Ingredients for Rajma Pulao

  • 1 cup Boiled Rajma (kidney beans)
  • 1 cup Basmati Rice
  • 1 Onion, sliced
  • 2 Green Chillies, chopped
  • A handful of Mint leaves
  • A handful of Coriander leaves, chopped
  • 1 teaspoon Pulao seeds (or garam masala)
  • Salt to taste
  • 1 teaspoon Red Chilli Powder
  • 1/2 teaspoon Turmeric Powder
  • 1 teaspoon Mustard Seeds
  • 2 tablespoons Oil
  • 2 tablespoons Ghee (optional)

How to Make Rajma Pulao

  1. Preparation:
    • Begin by soaking the rajma in water for a few hours and then boil it until it’s 80% cooked.
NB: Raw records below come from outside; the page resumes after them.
// A netlist into which the test logic is built, inside: the core nests in it behind its boundary cells, and the
// device's test logic stands around the core. The stitched netlist is one.
// specs/Inner.antt says which net stands for a net of the core, specs/InsidePlaces.antt where the parts stand,
// specs/InsideLaws.antt that they do.
// IEEE Std 1149.1-2001: test logic architecture, boundary-scan register; the laws are own.
//
// - The core nests in it with its drivers behind boundary cells; a net to which nothing gives a value, and which
//   nothing reads, stands past all nets (`built_in_nests`, `stitched_nests`).
// - The device's test logic stands around the core: ports, codes, controller, registers, and for each row of the
//   plan what its cell takes from the core and gives to the pin or the core, whatever its kind; a hidden port's bit
//   goes straight through (`built_in_surrounds`, `stitched_surrounds`).
// By the contract of its law functions.

ghost use Rattle.stitched_netlist.specs.InsideLaws.{BuiltInNests, BuiltInSurrounds, StitchedNests, StitchedSurrounds};

use crate::places::stitched_is_built_in;
use netlist_model::laws::{
    bit_of_a_direction, contained_parts, direction_of_a_bit, driver_is_found, found_driver_drives,
};
use plan_fitting::devices::{
    bits_have_rows, controls_follow_their_rows, controls_take_the_core, hidden_bits_have_none,
    plans_suit_netlists, rows_stand_at_bits, rows_take_the_core,
};
use plan_fitting::{codes_are_the_devices, control_cells_are_there, opcodes_keep_the_rules};
use surrounded_core::lower_instruction_gates::registers_fit;

/// The core nests in every netlist into which the test logic is built, with its drivers behind boundary cells.
pub fn built_in_nests()
    ensures { BuiltInNests }
{
    direction_of_a_bit();
    bit_of_a_direction();
    driver_is_found();
    found_driver_drives();
    control_cells_are_there();
}

/// And the device's test logic stands around it: the controller, the registers, and a row at each bit.
pub fn built_in_surrounds()
    ensures { BuiltInSurrounds }
{
    built_in_nests();
    direction_of_a_bit();
    bit_of_a_direction();
    driver_is_found();
    found_driver_drives();
    contained_parts();
    control_cells_are_there();
    opcodes_keep_the_rules();
    codes_are_the_devices();
    registers_fit();
    rows_take_the_core();
    controls_take_the_core();
    controls_follow_their_rows();
    rows_stand_at_bits();
    bits_have_rows();
    hidden_bits_have_none();
    plans_suit_netlists();
}

/// So the core nests in the stitched netlist.
pub fn stitched_nests()
    ensures { StitchedNests }
{
    built_in_nests();
    stitched_is_built_in();
}

/// And the test logic stands around it.
pub fn stitched_surrounds()
    ensures { StitchedSurrounds }
{
    built_in_surrounds();
    stitched_is_built_in();
}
Set aside.
    • Rinse the basmati rice thoroughly and soak it in water for at least 30 minutes.
  2. Cooking:
    • In a pressure cooker, heat a little oil and ghee (if using) over medium heat.
    • Add the mustard seeds and let them splutter.
    • Add the sliced onions and chopped green chillies, frying until the onions turn golden brown.
    • Stir in the mint and coriander leaves, followed by the pulao seeds, red chilli powder, turmeric powder, and salt. Sauté for a couple of minutes until fragrant.
  3. Combine and Cook:
    • Add the boiled rajma to the cooker, followed by the soaked and drained basmati rice.
    • Pour in enough water to cook the rice (usually about 1.5 to 2 cups, depending on the rice).
    • Mix everything gently and close the lid of the cooker. Cook for two whistles, then reduce the heat and allow it to cook for an additional 5-7 minutes.
  4. Finishing Touches:
    • Once done, turn off the heat and let the pressure release naturally.
    • Open the lid and fluff the pulao with a fork to mix everything well.

Serving Suggestions

Rajma Pulao is best served hot, paired with your favorite curry and a side of raita for a complete meal. It’s versatile enough to be enjoyed for breakfast, lunch, or dinner, making it a fantastic option during the month of Kartika when variety in meals is appreciated.

Conclusion

This Rajma Pulao recipe is not only easy to prepare but also offers a tasty way to enjoy the health benefits of rajma. Make this delightful dish as part of your Kartika celebrations, and savor the delicious flavors and nourishing ingredients. Enjoy your cooking!